Es entstand eine neue Nanofabrikationstechnik genannt Partikelreplikation in nicht-benetzenden Vorlagen (PRINT). Diese Pionierleistung stellt einen beispiellosen Ansatz für das Design und die Synthese von Impfstoffen und Medikamenten dar. Es konnte unter anderem gezeigt werden wie die Aufnahme von Partikeln durch Zellen als Funktion von Partikelgröße, -form und -oberfläche ablaufen. Dies stellt einen Therapieansatz für bestimmte Tumorarten dar. Weitere Errungenschaf-ten sind ein Mikro-Nadel-Injektionssystem für eine Reihe von therapeutischen Anwendungen.

2004 war DeSimone Mitbegründer der Liquidia Technologies. Auf Basis der PRINT-Technologie ging Liquidia eine Partnerschaft mit der Malaria Vaccine Initiative (PATH-MVI) ein, um Malaria- Impfstoffe der nächsten Generation zu entwickeln. Ebenso wird derzeit an der Entwicklung von PRINT-basierten Impfstoffen gegen Dengue und Prostatakrebs gearbeitet. Weitere Einsatzgebiete sind verbesserte Therapien für pulmonale arterielle Hypertonie (PAH) und ein präklinisches Produkt für diabetisches Makulaödem.

 

Die jüngsten Errungenschaften von Joseph DeSimone kommen aus dem 3D-Druck.

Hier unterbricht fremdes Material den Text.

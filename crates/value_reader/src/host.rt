//! Which types have values that no script can write.

ghost use Rattle.std.specs.Prelude.{◌≡◌};
ghost use Rattle.value_reader.specs.Host as host;

use syntax_trees::{FuncType, ValType};

/// Whether values of this type hold a handle, or the end of a stream or a future.
pub fn has_host_type(val_type: &ValType) -> bool
    ensures { result ≡ host.has_host_type val_type.now }
{
    match val_type {
        ValType::Record(fields) => {
            for field in fields.as_slice() {
                if has_host_type(field.val_type.get()) {
                    return true;
                }
            }
            false
        }
        ValType::Variant(cases) => {
            for case in cases.as_slice() {
                if let Some(payload) = &case.payload {
                    if has_host_type(payload.get()) {
                        return true;
                    }
                }
            }
            false
        }
        ValType::Tuple(parts) => {
            for part in parts.as_slice() {
                if has_host_type(part.get()) {
                    return true;
                }
            }
            false
        }
        ValType::List(part) | ValType::Option(part) => has_host_type(part.get()),
        ValType::Result { ok, err } => {
            let ok_has = match ok {
                Some(part) => has_host_type(part.get()),
                None => false,
            };
            let err_has = match err {
                Some(part) => has_host_type(part.get()),
                None => false,
            };
            ok_has || err_has
        }
        ValType::Own(_) | ValType::Borrow(_) | ValType::Stream(_) | ValType::Future(_) => true,
        _ => false,
    }
}

/// Whether a parameter or the result of a function holds a handle, or the end of a stream or a future.
pub fn func_has_host_type(func_type: &FuncType) -> bool
    ensures { result ≡ host.func_has_host_type func_type.now }
{
    for param in func_type.params.as_slice() {
        if has_host_type(param.val_type.get()) {
            return true;
        }
    }
    match &func_type.result {
        Some(part) => has_host_type(part.get()),
        None => false,
    }
}
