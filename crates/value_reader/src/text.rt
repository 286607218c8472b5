//! Texts that are read from front to back: blanks, marks, words, labels and digits.

ghost use Rattle.std.specs.Prelude.{◌≡◌, ◌≤◌, ◌<◌, ◌==◌, length, take, drop, if◌then◌else◌, None, Some, MatchOption};
ghost use Rattle.std.specs.List.{prefix_len, position_or_len};
ghost use Rattle.value_reader.specs.Tokens as tokens;
ghost use Rattle.value_reader.specs.Reads.{Reads, Follows, Tests};

use crate::fault::NoText;
use std::marker::Model;

/// Whether a byte is a blank: a space or a tab.
fn is_blank(byte: u8) -> bool
    ensures { result ≡ tokens.is_blank byte }
{
    byte == b' ' || byte == b'\t'
}

/// Whether a byte is a bracket or a brace.
fn is_bracket(byte: u8) -> bool
    ensures { result ≡ tokens.is_bracket byte }
{
    byte == b'(' || byte == b')' || byte == b'[' || byte == b']' || byte == b'{' || byte == b'}'
}

/// Whether a label ends before this byte.
fn ends_label(byte: u8) -> bool
    ensures { result ≡ tokens.ends_label byte }
{
    is_blank(byte)
        || is_bracket(byte)
        || byte == b','
        || byte == b':'
        || byte == b'"'
        || byte == b'\''
}

/// The value of a digit or a letter, and 36 for any other byte.
pub fn digit_value(byte: u8) -> u64
    ensures { result ≡ tokens.digit_value byte }
{
    if byte < b'0' {
        36
    } else if byte <= b'9' {
        u64::from(byte - b'0')
    } else if byte < b'A' {
        36
    } else if byte <= b'Z' {
        u64::from(byte - b'A' + 10)
    } else if byte < b'a' {
        36
    } else if byte <= b'z' {
        u64::from(byte - b'a' + 10)
    } else {
        36
    }
}

/// Whether a byte is a digit in this base.
fn is_digit(base: u64, byte: u8) -> bool
    ensures { result ≡ tokens.is_digit base byte }
{
    digit_value(byte) < base
}

/// How many blanks stand before a text.
fn blanks_before(text: &[u8]) -> usize
    ensures value { result ≡ prefix_len tokens.is_blank text.now }
    ensures within { result ≤ length text.now }
{
    text.iter().take_while(|byte| is_blank(**byte)).count()
}

/// How many bytes a label at the front of a text has.
fn label_length(text: &[u8]) -> usize
    ensures value { result ≡ position_or_len tokens.ends_label text.now }
    ensures within { result ≤ length text.now }
{
    text.iter().take_while(|byte| !ends_label(**byte)).count()
}

/// How many digits stand at the front of a text.
fn digits_before(base: u64, text: &[u8]) -> usize
    ensures value { result ≡ prefix_len (tokens.is_digit base) text.now }
    ensures within { result ≤ length text.now }
{
    text.iter()
        .take_while(|byte| is_digit(base, **byte))
        .count()
}

/// A text without the blanks before it.
fn without_blanks(text: &[u8]) -> &[u8]
    ensures { result.now ≡ tokens.without_blanks text.now }
{
    &text[blanks_before(text)..]
}

/// What follows a mark of one byte, with or without blanks before it.
fn after_mark(mark: u8, text: &[u8]) -> Option<&[u8]>
    ensures { MatchOption result (tokens.after_mark mark text.now ≡ None) (λ rest. tokens.after_mark mark text.now ≡ Some rest.now) }
{
    match without_blanks(text) {
        [first, rest @ ..] if *first == mark => Some(rest),
        _ => None,
    }
}

/// What is left of a text that is being read. Contracts see its bytes.
#[derive(Drop)]
pub struct Text<'a> {
    bytes: &'a [u8],
}

impl<'a> Model for Text<'a> {
    ghost use Rattle.std.specs.Prelude.{ℕ, List};

    ghost Value = { List ℕ };

    ghost view = { λ t. t.bytes.now };
}

impl<'a> Text<'a> {
    /// A text that is to be read.
    pub fn of(bytes: &'a [u8]) -> Self
        ensures { result ≡ bytes.now }
    {
        Text { bytes }
    }

    /// How many bytes are left.
    pub fn len(&self) -> usize
        ensures { result ≡ length self.now }
    {
        self.bytes.len()
    }

    /// Whether no bytes are left.
    pub fn is_empty(&self) -> bool
        ensures { result ≡ (length self.now == 0) }
    {
        self.bytes.is_empty()
    }

    /// Goes on behind the blanks that stand here.
    pub fn skip_blanks(&mut self)
        ensures { self.new ≡ tokens.without_blanks self.old }
    {
        self.bytes = without_blanks(self.bytes);
    }

    /// Reads a byte.
    pub fn byte(&mut self) -> Result<u8, NoText>
        ensures { Reads (tokens.byte_at self.old) self.new result }
    {
        let (first, rest) = self.bytes.split_first().ok_or(NoText)?;
        self.bytes = rest;
        Ok(*first)
    }

    /// Reads a word where it stands here, and answers whether it does. Else the text stays as it was.
    pub fn has_word(&mut self, word: &[u8]) -> bool
        ensures { Tests (tokens.after word.now self.old) self.old self.new result }
    {
        match self.bytes.strip_prefix(word) {
            Some(rest) => {
                self.bytes = rest;
                true
            }
            None => false,
        }
    }

    /// Reads a mark of one byte where it stands here, with or without blanks before it, and answers whether it does. Else
    /// the text stays as it was.
    pub fn has_mark(&mut self, mark: u8) -> bool
        ensures { Tests (tokens.after_mark mark self.old) self.old self.new result }
    {
        match after_mark(mark, self.bytes) {
            Some(rest) => {
                self.bytes = rest;
                true
            }
            None => false,
        }
    }

    /// Reads a word.
    pub fn word(&mut self, word: &[u8]) -> Result<(), NoText>
        ensures { Follows (tokens.after word.now self.old) self.new result }
    {
        if self.has_word(word) {
            Ok(())
        } else {
            Err(NoText)
        }
    }

    /// Reads a mark of one byte, with or without blanks before it.
    pub fn mark(&mut self, mark: u8) -> Result<(), NoText>
        ensures { Follows (tokens.after_mark mark self.old) self.new result }
    {
        if self.has_mark(mark) {
            Ok(())
        } else {
            Err(NoText)
        }
    }

    /// Reads so many bytes.
    fn front(&mut self, count: usize) -> &'a [u8]
        requires { count ≤ length self.old }
        ensures front { result.now ≡ take count self.old }
        ensures rest { self.new ≡ drop count self.old }
    {
        let (front, rest) = self.bytes.split_at(count);
        self.bytes = rest;
        front
    }

    /// Reads a label, which has no bytes where none stands here.
    pub fn label(&mut self) -> &'a [u8]
        ensures label { result.now ≡ tokens.label_of self.old }
        ensures rest { self.new ≡ tokens.behind_label self.old }
    {
        let count = label_length(self.bytes);
        self.front(count)
    }

    /// Reads the digits of a base that stand here.
    pub fn digits(&mut self, base: u64) -> &'a [u8]
        ensures digits { result.now ≡ tokens.digits_of base self.old }
        ensures rest { self.new ≡ tokens.behind_digits base self.old }
    {
        let count = digits_before(base, self.bytes);
        self.front(count)
    }

    /// Reads this label where it stands here, with or without blanks before it, and answers whether it does. Else the text
    /// stays as it was.
    pub fn has_label(&mut self, label: &[u8]) -> bool
        ensures is { result ≡ tokens.is_next label.now self.old }
        ensures rest { self.new ≡ (if result then tokens.behind_next self.old else self.old) }
    {
        let here = without_blanks(self.bytes);
        let (front, rest) = here.split_at(label_length(here));
        if front == label {
            self.bytes = rest;
            true
        } else {
            false
        }
    }
}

Das erklärte Ziel des Wissenschaftlers ist es diese Technologie in eine lebensfähige Fertigungstechnologie zu verwandeln. Von intrinsischer Bedeutung dafür ist die Druckgeschwindigkeit. Der 3D-Druck funktionierte bis dato als 2D-Druck. Materialien werden Schicht für Schicht abgeschieden, um ein Objekt zu konstruieren.

Joseph DeSimone überdachte die grundlegende Physik und Chemie des 3D-Drucks neu und erfand die Continuous Liquid Interface Production (CLIP)-Technologie.

CLIP generiert Teile hundertmal schneller als bisherige Prozesse. CLIP-Teile sind schichtlos, vergleichbar mit Spritzgussteilen in Festigkeit und Leistung und sofort in vielen Bereichen einsetzbar. Mit CLIP gelang es dem Wissenschaftler die seit Langem bestehenden großen Nachteile des 3D-Drucks zu beheben: Langsamkeit, Teilequalität und eine unzureichende Materialauswahl.

Die Anwendungsgebiete reichen von Bauteilen in der Automobilindustrie, der Luft- und Raumfahrt und der Medizin inklusive Zahnmedizin. Im Jahr 2017 gaben Carbon und Adidas eine wichtige Partnerschaft für die Produktion von Sportschuhen bekannt. Sie lancierten den Futurecraft 4D Laufschuh, der 2017 als Top-Erfindung des Time Magazine ausgezeichnet wurde. Dem Nachfolgeprodukt AlphaEdge werden für 2019 Millionenumsätze prophezeit.

Die Möglichkeit komplexe Geometrien sowie wie leichte, hochfeste Gitterstrukturen herzustellen, kann sogar Produkte hervorbringen, die die Kraftstoffeffizienz erhöhen.

Eine weitere Auswirkung könnte das Ende der Inventur sein, denn Branchen wie die Automobilindustrie können ihre Milliarden für die Lagerung von Ersatzteilen in Zukunft an anderer Stelle investieren.

Möglich wird dies durch die Leitung seines Unternehmens Carbon, das Joseph DeSimone auf Basis von CLIP mitbegründet hat. Carbon beschäftigt bereits über 350 Mitarbeiter und erreichte 2017 einen Wert von 1,7 Milliarden Dollar.

Joseph DeSimone erhielt unter vielen anderen Auszeichnungen 1997 den U.S. Presidential Green Chemistry Challenge Award, 2008 den Lemelson-MIT-Preis, 2016 aus den Händen des damalige Präsidenten Barack Obama die Nationalmedaille und 2017 den Heinz Award für Technologie, Wirtschaft und Beschäftigung.